We have to be told NO and learn to wait on God. This nation is losing it’s mind. I think sometimes that “ungodly” people are actually the sane ones and churched people are the criminally insane. We excommunicate our pastors, we don’t embrace everyone, we are the poster children of US capitalism and consumerism, we are the ones supporting fast food nation and we expect the rest of the world to see us as humble servants who believe in the cross of Christ. We are seen as hypocrites and that is why no one comes in the church. We have to make room for repentance, we have to change the subject we have to be a radical narrative in the midst of the dominant one. If the dominant narrative says “just war” we say “non-violence”, if the dominant narrative says “he, she who dies with the most toys wins”, then we say “I have learned to be content in whatever circumstance I am in… I can do all things through Christ who strengthens me”. (Phil 4:11-13)

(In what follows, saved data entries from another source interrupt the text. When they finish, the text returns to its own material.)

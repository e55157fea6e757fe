//! The longest chain from each plugin, or a cycle.
ghost use Rattle.std.specs.Prelude.{◌≡◌, ℕ, ◌+◌, ◌<◌, ◌≤◌, ◌⊎◌, Option, Some, None, IsTrue, IfSome, IfNone, IfOk, length, vec_len, slice_index, drop};
ghost use Rattle.plugin_order.specs.Chains.{IsLongest, IsCycle, IsApart};
ghost use Rattle.plugin_order.specs.Table.{holds, height_of};
ghost use Rattle.plugin_order.specs.Heights.{IsHeight, IsStuck, IsLevels};

use crate::rules::Rules;
use fw_base::NoMemory;
use std::alloc::Global;

/// The heights of all plugins, or plugins in a cycle.
#[derive(Drop)]
pub enum Levels {
    Heights(Vec<u32>),
    Cycle(Vec<usize>),
}

/// The length of the longest chain of rules from each plugin, or a cycle of rules between plugins that differ.
pub fn find_levels(alloc: Global, rules: &Rules) -> Result<Levels, NoMemory>
    ensures { IfOk result (IsLevels rules.now) }
{
    let mut heights = [None; 64];
    while let Some(p) = ready(rules, &heights) {
        heights[p] = Some(height_over(rules, &heights, p));
    }
    match missing(rules.count, &heights) {
        Some(start) => Ok(Levels::Cycle(cycle_from(alloc, rules, &heights, start)?)),
        None => Ok(Levels::Heights(collected(alloc, rules.count, &heights)?)),
    }
}

fn height_at(heights: &[Option<u32>], p: usize) -> Option<u32>
    requires { p < length heights.now }
    ensures { result ≡ height_of heights.now p }
{
    heights[p]
}

/// The first plugin that a rule of p leads to and that has no height yet.
fn waits_on(rules: &Rules, heights: &[Option<u32>], p: usize) -> Option<usize>
    requires room { length heights.now ≡ 64 }
    requires at { p < rules.now.count }
    ensures some { IfSome result (λ q. (q < rules.now.count) × IsTrue (holds rules.now p q) × (height_of heights.now q ≡ None)) }
    ensures none { IfNone result ((q : ℕ) → IsTrue (holds rules.now p q) → height_of heights.now q ≡ None → ⊥) }
{
    for q in 0..rules.count {
        if rules.holds(p, q) && height_at(heights, q).is_none() {
            return Some(q);
        }
    }
    None
}

/// The first plugin that has no height yet, while all that its rules lead to have theirs.
fn ready(rules: &Rules, heights: &[Option<u32>]) -> Option<usize>
    requires { length heights.now ≡ 64 }
    ensures some { IfSome result (λ p. (p < rules.now.count) × (height_of heights.now p ≡ None)
        × ((q : ℕ) → IsTrue (holds rules.now p q) → height_of heights.now q ≡ None → ⊥)) }
    ensures none { IfNone result (IsStuck rules.now heights.now) }
{
    for p in 0..rules.count {
        if height_at(heights, p).is_none() && waits_on(rules, heights, p).is_none() {
            return Some(p);
        }
    }
    None
}

/// One more than the greatest height that a rule of p leads to, or 0 where none does.
fn height_over(rules: &Rules, heights: &[Option<u32>], p: usize) -> u32
    requires room { length heights.now ≡ 64 }
    requires at { p < rules.now.count }
    requires small { (q g : ℕ) → height_of heights.now q ≡ Some g → g ≤ 64 }
    ensures { IsHeight rules.now heights.now p result }
{
    let mut height = 0;
    for q in 0..rules.count {
        if rules.holds(p, q) {
            if let Some(below) = height_at(heights, q) {
                if height <= below {
                    height = below + 1;
                }
            }
        }
    }
    height
}

/// The first plugin without a height.
fn missing(count: usize, heights: &[Option<u32>]) -> Option<usize>
    requires room { length heights.now ≡ 64 }
    requires few { count ≤ 64 }
    ensures some { IfSome result (λ p. (p < count) × (height_of heights.now p ≡ None)) }
    ensures none { IfNone result ((p : ℕ) → p < count → height_of heights.now p ≡ None → ⊥) }
{
    for p in 0..count {
        if height_at(heights, p).is_none() {
            return Some(p);
        }
    }
    None
}

/// The heights of plugins that all have one.
fn collected(alloc: Global, count: usize, heights: &[Option<u32>]) -> Result<Vec<u32>, NoMemory>
    requires room { length heights.now ≡ 64 }
    requires few { count ≤ 64 }
    requires all { (p : ℕ) → p < count → height_of heights.now p ≡ None → ⊥ }
    ensures len { IfOk result (λ all. vec_len all ≡ count) }
    ensures each { IfOk result (λ all. (p : ℕ) → p < count → height_of heights.now p ≡ Some (slice_index all.items p)) }
{
    let mut all = Vec::new(alloc);
    for p in 0..count {
        match height_at(heights, p) {
            Some(height) => all.push(height)?,
            None => unreachable!(),
        }
    }
    Ok(all)
}

/// A cycle, by a walk through plugins without a height: each leads to another, and the walk ends where it comes back.
fn cycle_from(
    alloc: Global,
    rules: &Rules,
    heights: &[Option<u32>],
    start: usize,
) -> Result<Vec<usize>, NoMemory>
    requires room { length heights.now ≡ 64 }
    requires at { start < rules.now.count }
    requires open { height_of heights.now start ≡ None }
    requires stuck { IsStuck rules.now heights.now }
    ensures cycle { IfOk result (λ cycle. IsCycle (holds rules.now) cycle.items) }
    ensures apart { IfOk result (λ cycle. IsApart cycle.items) }
{
    let mut path: Vec<usize> = Vec::new(alloc);
    let mut steps = [None; 64];
    let mut at = start;
    'walk: loop {
        if let Some(step) = step_at(&steps, at) {
            return tail_of(alloc, &path, step);
        }
        steps[at] = Some(path.len());
        path.push(at)?;
        match waits_on(rules, heights, at) {
            Some(next) => at = next,
            None => unreachable!(),
        }
    }
}

fn step_at(steps: &[Option<usize>], p: usize) -> Option<usize>
    requires { p < length steps.now }
    ensures { result ≡ height_of steps.now p }
{
    steps[p]
}

fn tail_of(alloc: Global, path: &[usize], from: usize) -> Result<Vec<usize>, NoMemory>
    requires { from ≤ length path.now }
    ensures { IfOk result (λ tail. tail.items ≡ drop from path.now) }
{
    Ok(Vec::from_slice(alloc, &path[from..])?)
}
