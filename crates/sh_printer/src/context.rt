//! Where parts of words stand, which says how they are quoted.

ghost use Rattle.std.specs.Prelude.{◌≡◌};
ghost use Rattle.sh_grammar.specs.Bytes.{has_double, has_single, fill_context, trim_context};
ghost use Rattle.sh_printer.specs.Codes.{view_context};

#[derive(Clone, Copy, Debug, PartialEq, Eq)]
pub enum Context {
    /// A word of a command.
    Word,
    /// Between double quotes.
    Double,
    /// The body of a here-document.
    Body,
    /// The word of `${a-w}` or `${a%w}` outside of double quotes, and the pattern of `"${a%w}"`.
    Brace,
    /// The word of `"${a-w}"`.
    QuotedBrace,
    /// The word of `${a-w}` in a here-document.
    BodyBrace,
    /// The pattern of `${a%w}` in a here-document.
    BodyPattern,
}

/// Whether `'..'` quotes there.
#[tactic(auto, unfolding(sh_grammar::specs::Bytes::has_single))]
pub fn has_single(context: Context) -> bool
    ensures { result ≡ has_single (view_context context) }
{
    match context {
        Context::Word | Context::Brace => true,
        Context::Double
        | Context::Body
        | Context::QuotedBrace
        | Context::BodyBrace
        | Context::BodyPattern => false,
    }
}

/// Whether `".."` quotes there.
#[tactic(auto, unfolding(sh_grammar::specs::Bytes::has_double))]
pub fn has_double(context: Context) -> bool
    ensures { result ≡ has_double (view_context context) }
{
    match context {
        Context::Word | Context::Brace | Context::QuotedBrace => true,
        Context::Double | Context::Body | Context::BodyBrace | Context::BodyPattern => false,
    }
}

/// Where the word of `${a-w}` stands.
#[tactic(auto, unfolding(sh_grammar::specs::Bytes::fill_context))]
pub fn fill_context(context: Context) -> Context
    ensures { view_context result ≡ fill_context (view_context context) }
{
    match context {
        Context::Word | Context::Brace => Context::Brace,
        Context::Double | Context::QuotedBrace => Context::QuotedBrace,
        Context::Body | Context::BodyBrace => Context::BodyBrace,
        Context::BodyPattern => Context::BodyPattern,
    }
}

/// Where the pattern of `${a%w}` stands.
#[tactic(auto, unfolding(sh_grammar::specs::Bytes::trim_context))]
pub fn trim_context(context: Context) -> Context
    ensures { view_context result ≡ trim_context (view_context context) }
{
    match context {
        Context::Word | Context::Double | Context::Brace | Context::QuotedBrace => Context::Brace,
        Context::Body | Context::BodyBrace | Context::BodyPattern => Context::BodyPattern,
    }
}
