//! Scripts of sh as text, one complete command a line (POSIX 2.10).
//!
//! `print` writes a script through a sink and takes no memory. What is to be printed is a `Piece` (`pieces`), which
//! `words`, `redirects`, `commands` and `sums` take apart into smaller ones; `printer` goes over them, and finds for each
//! here-document a delimiter that is no line of its body.
#![tactic(auto)]

mod checking;
mod commands;
mod context;
mod last;
mod leaves;
mod marks;
mod names;
mod opening;
mod pieces;
mod printer;
mod redirects;
mod search;
mod sums;
mod words;

pub use checking::printable;
pub use printer::print;
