/// The words behind the assignments of a simple command, where they stand before its redirections.
fn simple_words<'a>(assigns: &'a [Assign], words: &'a [Word]) -> Piece<'a>
    ensures text { (full : Bool) → piece_text full result ≡ (if words_last (assigns_of (map view_assign assigns.now)) (words_of (map view_word words.now)) then [] else words_text full (has_assign (assigns_of (map view_assign assigns.now))) (words_of (map view_word words.now))) }
    ensures weight { piece_weight result ≤ words_weight (words_of (map view_word words.now)) + 1 }
{
    if words_last(assigns, words) {
        return Piece::Leaf(Leaf::Bytes(b""));
    }
    Piece::Node(Node::Word(WordPiece::Words(words, has_assigns(assigns))))
}

/// Whether a simple command has bytes before its redirections.
fn has_front(assigns: &[Assign], words: &[Word]) -> bool
    ensures { result ≡ (has_assign (assigns_of (map view_assign assigns.now)) || (has_word (words_of (map view_word words.now)) && not (words_last (assigns_of (map view_assign assigns.now)) (words_of (map view_word words.now))))) }
{
    if has_assigns(assigns) {
        return true;
    }
    if has_words(words) {
        return !words_last(assigns, words);
    }
    false
}

/// Whether the command has bytes before its redirections.
fn is_something(kind: &CommandKind) -> bool
    ensures { result ≡ is_something (view_kind kind.now) }
{
    match kind {
        CommandKind::Simple { assigns, words } => {
            let assigns = assigns.as_slice();
            let words = words.as_slice();
            has_front(assigns, words)
        }
        CommandKind::Group(_) => true,
        CommandKind::Subshell(_) => true,
        CommandKind::If {
            parts: _,
            otherwise: _,
        } => true,
        CommandKind::Loop {
            until: _,
            test: _,
            body: _,
        } => true,
        CommandKind::For {
            name: _,
            words: _,
            body: _,
        } => true,
        CommandKind::Case {
            subject: _,
            items: _,
        } => true,
        CommandKind::Function(_) => true,
    }
}

/// A command, its redirections and what ends it.
fn whole_command_apart(command: &Command, end: End) -> Split<'_>
    ensures { Apart (node.Command (commands.Command command.entry end)) result }
{
    let redirects = command.redirects.as_slice();
    let behind = is_something(&command.kind);
    let words = last_words(&command.kind);
    let tail = WordPiece::Redirects(redirects, 0, behind, Tail { words, end });
    kind_apart(&command.kind, end, Piece::Node(Node::Word(tail)))
}

/// A command, and its redirections; those of a function's definition stand at its body.
fn kind_apart<'a>(kind: &'a CommandKind, end: End, tail: Piece<'a>) -> Split<'a>
    ensures { AsKind end tail.entry (view_kind kind.now) result }
{
    match kind {
        CommandKind::Simple { assigns, words } => {
            let assigns = assigns.as_slice();
            let words = words.as_slice();
            Split {
                first: Piece::Node(Node::Word(WordPiece::Assigns(assigns, false))),
                second: simple_words(assigns, words),
                rest: tail,
            }
        }
        CommandKind::Group(script) => Split {
            first: between(b"{ ", script, b"}"),
            second: Piece::Leaf(Leaf::Bytes(b"")),
            rest: tail,
        },
        CommandKind::Subshell(script) => Split {
            first: between(b"( ", script, b")"),
            second: Piece::Leaf(Leaf::Bytes(b"")),
            rest: tail,
        },
        CommandKind::If { parts, otherwise } => Split {
            first: Piece::Node(Node::Command(CommandPiece::Branches(parts.as_slice(), b"if "))),
            second: else_piece(otherwise),
            rest: tail,
        },
        CommandKind::Loop { until, test, body } => Split {
            first: between(loop_key(*until), test, b""),
            second: between(b"do ", body, b"done"),
            rest: tail,
        },
        CommandKind::For { name, words, body } => Split {
            first: Piece::Node(Node::Command(CommandPiece::For(name, words))),
            second: between(b"do ", body, b"done"),
            rest: tail,
        },
        CommandKind::Case { subject, items } => Split {
            first: Piece::Node(Node::Command(CommandPiece::Led(b"case ", subject))),
            second: Piece::Node(Node::Command(CommandPiece::Case(items.as_slice()))),
            rest: tail,
        },
        CommandKind::Function(function) => function_apart(function, end),
    }
}

/// `f() { a; }`
fn function_apart(function: &Function, end: End) -> Split<'_>
    ensures { Comes (λ full. (view_function function.now).0 ++ codes "() " ++ command_text full (view_end end) (view_function function.now).1) (command_weight (view_function function.now).1 + 20) result }
{
    Split {
        first: Piece::Leaf(Leaf::Bytes(function.name.text.bytes())),
        second: Piece::Leaf(Leaf::Bytes(b"() ")),
        rest: Piece::Node(Node::Command(CommandPiece::Command(function.body.get(), end))),
    }
}
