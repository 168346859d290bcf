//! The marks between words, redirections and commands.

ghost use Rattle.std.specs.Prelude.{◌≡◌, ◌+◌};
ghost use Rattle.span_text.specs.declared.sign.Infix.TheVariants.{Plain};
ghost use Rattle.span_text.specs.Expressions.{level, left_level};
ghost use Rattle.sh_printer.specs.Codes.{view_end, end_before};
ghost use Rattle.sh_printing.specs.Marks.{loop_key, test_text, trim_mark, is_here};
ghost use Rattle.sh_printing.specs.Sums.{unary_text, binary_text, assigned_text, before_target, behind_target};
ghost use Rattle.sh_syntax.specs.View.{view_test, view_operator};

use sh_syntax::{FillTest, Joint, RedirectOp};
use span_text::{BinOp, StepOp, UnOp};

/// What ends a command: `|`, `&&`, `||`, `;`, or a newline.
#[derive(Clone, Copy, Debug, PartialEq, Eq)]
pub enum End {
    Piped,
    AndThen,
    OrElse,
    Next,
    Line,
}

pub fn joint_end(joint: Joint) -> End
    ensures { view_end result ≡ end_before joint }
{
    match joint {
        Joint::And => End::AndThen,
        Joint::Or => End::OrElse,
    }
}

pub fn loop_key(until: bool) -> &'static [u8]
    ensures { result.now ≡ loop_key until }
{
    if until { b"until " } else { b"while " }
}

pub fn test_mark(test: FillTest) -> &'static [u8]
    ensures { result.now ≡ test_text (view_test test) }
{
    match test {
        FillTest::Default => b"-",
        FillTest::Assign => b"=",
        FillTest::Alternate => b"+",
    }
}

pub fn trim_mark(suffix: bool, longest: bool) -> &'static [u8]
    ensures { result.now ≡ trim_mark suffix longest }
{
    match (suffix, longest) {
        (false, false) => b"#",
        (false, true) => b"##",
        (true, false) => b"%",
        (true, true) => b"%%",
    }
}

pub fn is_here(op: RedirectOp) -> bool
    ensures { result ≡ is_here (view_operator op) }
{
    match op {
        RedirectOp::HereLiteral | RedirectOp::HereExpanded => true,
        RedirectOp::Read
        | RedirectOp::Write
        | RedirectOp::Append
        | RedirectOp::CopyIn
        | RedirectOp::CopyOut => false,
    }
}

pub fn unary_mark(op: UnOp) -> &'static [u8]
    ensures { result.now ≡ unary_text op }
{
    match op {
        UnOp::Plus => b"+",
        UnOp::Minus => b"-",
        UnOp::Not => b"!",
        UnOp::Complement => b"~",
    }
}

pub fn binary_mark(op: BinOp) -> &'static [u8]
    ensures { result.now ≡ binary_text op }
{
    match op {
        BinOp::Power => b"**",
        BinOp::Times => b"*",
        BinOp::Divide => b"/",
        BinOp::Remainder => b"%",
        BinOp::Add => b"+",
        BinOp::Subtract => b"-",
        BinOp::ShiftLeft => b"<<",
        BinOp::ShiftRight => b">>",
        BinOp::Less => b"<",
        BinOp::AtMost => b"<=",
        BinOp::Greater => b">",
        BinOp::AtLeast => b">=",
        BinOp::Equal => b"==",
        BinOp::Unequal => b"!=",
        BinOp::BitAnd => b"&",
        BinOp::BitXor => b"^",
        BinOp::BitOr => b"|",
    }
}

pub fn binary_level(op: BinOp) -> u8
    ensures { result ≡ level (Plain op) }
{
    match op {
        BinOp::Power => 13,
        BinOp::Times | BinOp::Divide | BinOp::Remainder => 12,
        BinOp::Add | BinOp::Subtract => 11,
        BinOp::ShiftLeft | BinOp::ShiftRight => 10,
        BinOp::Less | BinOp::AtMost | BinOp::Greater | BinOp::AtLeast => 9,
        BinOp::Equal | BinOp::Unequal => 8,
        BinOp::BitAnd => 7,
        BinOp::BitXor => 6,
        BinOp::BitOr => 5,
    }
}

/// The level of what stands before the operator.
pub fn left_level(op: BinOp) -> u8
    ensures { result ≡ left_level (Plain op) }
{
    match op {
        BinOp::Power => 14,
        other => binary_level(other),
    }
}

pub fn before_target(op: StepOp) -> &'static [u8]
    ensures { result.now ≡ before_target op }
{
    match op {
        StepOp::PreAdd => b"++",
        StepOp::PreSub => b"--",
        StepOp::PostAdd | StepOp::PostSub => b"",
    }
}

pub fn behind_target(op: StepOp) -> &'static [u8]
    ensures { result.now ≡ behind_target op }
{
    match op {
        StepOp::PostAdd => b"++",
        StepOp::PostSub => b"--",
        StepOp::PreAdd | StepOp::PreSub => b"",
    }
}

/// `=`, `+=`
pub fn assigned_mark(op: Option<BinOp>) -> &'static [u8]
    ensures { result.now ≡ assigned_text op }
{
    match op {
        None => b"=",
        Some(BinOp::Power) => b"**=",
        Some(BinOp::Times) => b"*=",
        Some(BinOp::Divide) => b"/=",
        Some(BinOp::Remainder) => b"%=",
        Some(BinOp::Add) => b"+=",
        Some(BinOp::Subtract) => b"-=",
        Some(BinOp::ShiftLeft) => b"<<=",
        Some(BinOp::ShiftRight) => b">>=",
        Some(BinOp::Less) => b"<=",
        Some(BinOp::AtMost) => b"<==",
        Some(BinOp::Greater) => b">=",
        Some(BinOp::AtLeast) => b">==",
        Some(BinOp::Equal) => b"===",
        Some(BinOp::Unequal) => b"!==",
        Some(BinOp::BitAnd) => b"&=",
        Some(BinOp::BitXor) => b"^=",
        Some(BinOp::BitOr) => b"|=",
    }
}
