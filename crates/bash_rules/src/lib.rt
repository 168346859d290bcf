//! The rules of Bash's grammar by their names (Bash manual, 3.1 to 3.6). `specs/Rules` says which rule of bash_grammar each is, in
//! a place of parts of words.
#![tactic(auto)]

mod rule;

pub use rule::{
    AssignRule, BraceRule, BranchRule, CommandRule, CondRule, ForRule, LineRule, OperationRule,
    OtherRule, PipeRule, RedirectRule, RegexRule, Rule, SimpleRule, SumRule, UnitRule, WordRule,
};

We can be the preachers, evangelist, teachers and prophets of a new dawn, we can follow Christ and provide a critique and an option to this dominant narrative that says you have to be the best, be like us. We can be like Amos and Hosea and be in the gap with the people but not of them, we can love the world but not embrace it’s Godless view, we can speak for truth and justice but first we must learn to mourn with each other.

In this mourning we can grow toward one body, we can learn to pray outside ourselves and begin to pray for the world. Lets start with our community, instead of praying for yourself only and seeing yourself as alien to your neighbor, see yourself as a co-creator with Christ, not to get a yacht or lexus but to create meaningful change and hope in the world. Our communities are waiting for us to welcome their pain into our lives. The neighborhood that prays together stays together. As we provide the space to be mediocre we can learn ways to be great. We don’t have to seek greatness for this world’s standards but for God. We can continue the legacy and honor that Christ laid down for us. When we can have a time in the church free of ATM’s and loud music we can embrace the unknown, we can search and be changed by the natural and that metamorphosis, the earth will help us to gain resolve, which will bring new life and that energy will spark us into a new possibility, a possibility where we all are welcome to be ourselves and allow God not man to validate our worth and potential.

Bibliography

Brueggemann, Walter. The Practice Of Prophetic Imagination: Preaching An Emancipating Word. Minneapolis, Minnesota: Fortress Press, 2012.

Collins, John J. Introduction To The Hebrew Bible. Minneapolis, Minnesota: Fortress Press, 2004.

Coogan, Michael D. The New Oxford Annotated Bible: NRSV. New York: Oxford Press, 2010.
Wink, Walter. The Powers That Be: Theology For A New Millennium. New York: Doubleday, 1998.